Hypervirome - serratus-bio/open-virome GitHub Wiki

A solitary {Virome} graph is as a set of sequencing datasets sharing a common trait, and their collection of viruses.

A {{Hyper-Virome}} is a representation of a multiple {Viromes} and their interactions through common viruses. From each individual {Virome}, all runs (nodes) are aggregated into a single hyper-node, and all per-virus contigs (edges per virome) are aggregated into a single hyper-edge.

Hyper Virome Icon

For example, if each virome {A, B, C} each contain virus X (black outline), then each node {A}, {B}, {C} will contain a hyper-edge to a single virus X node (<X>). The hyper-edge between {A} and <X> will be the aggregation of the 4 contigs from runs in {A}. Therefore, a {{Hyper-Virome}} captures the interactions between each {Virome}.

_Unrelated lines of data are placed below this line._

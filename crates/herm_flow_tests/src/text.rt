//! A flow as a line of text. Between two points stands `; `. A point is its number, `/`, how many facts it needs, and its edges. An edge is a letter for its outcome,
//! `>`, and the place of the point to which it leads, `.` for the end, or `!` and a number for the end by an exception.
use herm_base::StmtNo;
use herm_flow::{Flow, OnwardFlow, Target};
use herm_typed::Outcome;
use std::alloc::{AllocError, Global};

type Put = Result<(), AllocError>;

fn put_number(alloc: Global, out: &mut String, letter: &str, number: u32) -> Put {
    let word = format!(in alloc; "{letter}{number}")?;
    out.push_str(word.as_str())?;
    Ok(())
}

fn put_outcome(alloc: Global, out: &mut String, outcome: Outcome) -> Put {
    match outcome {
        Outcome::Ok => out.push_str("o"),
        Outcome::True => out.push_str("t"),
        Outcome::False => out.push_str("f"),
        Outcome::Turn => out.push_str("u"),
        Outcome::Done => out.push_str("d"),
        Outcome::Component(c) => put_number(alloc, out, "c", c),
        Outcome::Arm(place) => put_number(alloc, out, "a", place),
        Outcome::Raised(e) => put_number(alloc, out, ":", e.0),
    }
}

fn put_target(alloc: Global, out: &mut String, to: Target) -> Put {
    match to {
        Target::Point(place) => put_number(alloc, out, "", place),
        Target::End => out.push_str("."),
        Target::EndBy(e) => put_number(alloc, out, "!", e.0),
    }
}

fn put_edge(alloc: Global, out: &mut String, outcome: Outcome, to: Target) -> Put {
    out.push_str(" ")?;
    put_outcome(alloc, out, outcome)?;
    out.push_str(">")?;
    put_target(alloc, out, to)?;
    Ok(())
}

/// The number of a point and how many facts it needs. Between it and the one before it stands `; `.
fn put_start(alloc: Global, out: &mut String, stmt: StmtNo, needs: usize) -> Put {
    if !out.is_empty() {
        out.push_str("; ")?;
    }
    let word = format!(in alloc; "{}/{needs}", stmt.0)?;
    out.push_str(word.as_str())?;
    Ok(())
}

/// A flow as a line.
pub fn line_of(alloc: Global, flow: &Flow) -> Result<String, AllocError> {
    let mut out = String::new(alloc);
    for point in &flow.points {
        put_start(alloc, &mut out, point.stmt, point.needs.len())?;
        for edge in &point.edges {
            put_edge(alloc, &mut out, edge.outcome, edge.to)?;
        }
    }
    Ok(out)
}

/// An onward flow as a line.
pub fn onward_line_of(alloc: Global, flow: &OnwardFlow) -> Result<String, AllocError> {
    let mut out = String::new(alloc);
    for point in &flow.points {
        put_start(alloc, &mut out, point.stmt, point.needs.len())?;
        for edge in &point.edges {
            put_edge(alloc, &mut out, edge.outcome, Target::Point(edge.to))?;
        }
    }
    Ok(out)
}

The {{Hyper-Virome}} Graph

The {{Hyper-Virome}} is represented as a weighted undirected, bipartite graph where:

  • Virome Node (square): a set of sequencing runs and their viruses as a {Virome}.
  • Virus Node (hexagon): an abstract unit of virus, defined here as species-like Operational Taxonomic Units (sOTU) of RNA viruse (See: palmDB)
  • Edge (solid line): the aggregated set of contigs within the virome matching the virus
  • Edge (weight): line thickness is scaled by virome-virus 'Vrank', or a measure of importance within the virome

image

The {{SRA Genus}} spans 236,788 sequencing datasets, which make up 4,451 individual {Genus} viromes (one per taxonomic genus). The 71,497 RNA virus nodes interlink the viromes with 176,902 edges, the summary of 819,696 individual contigs.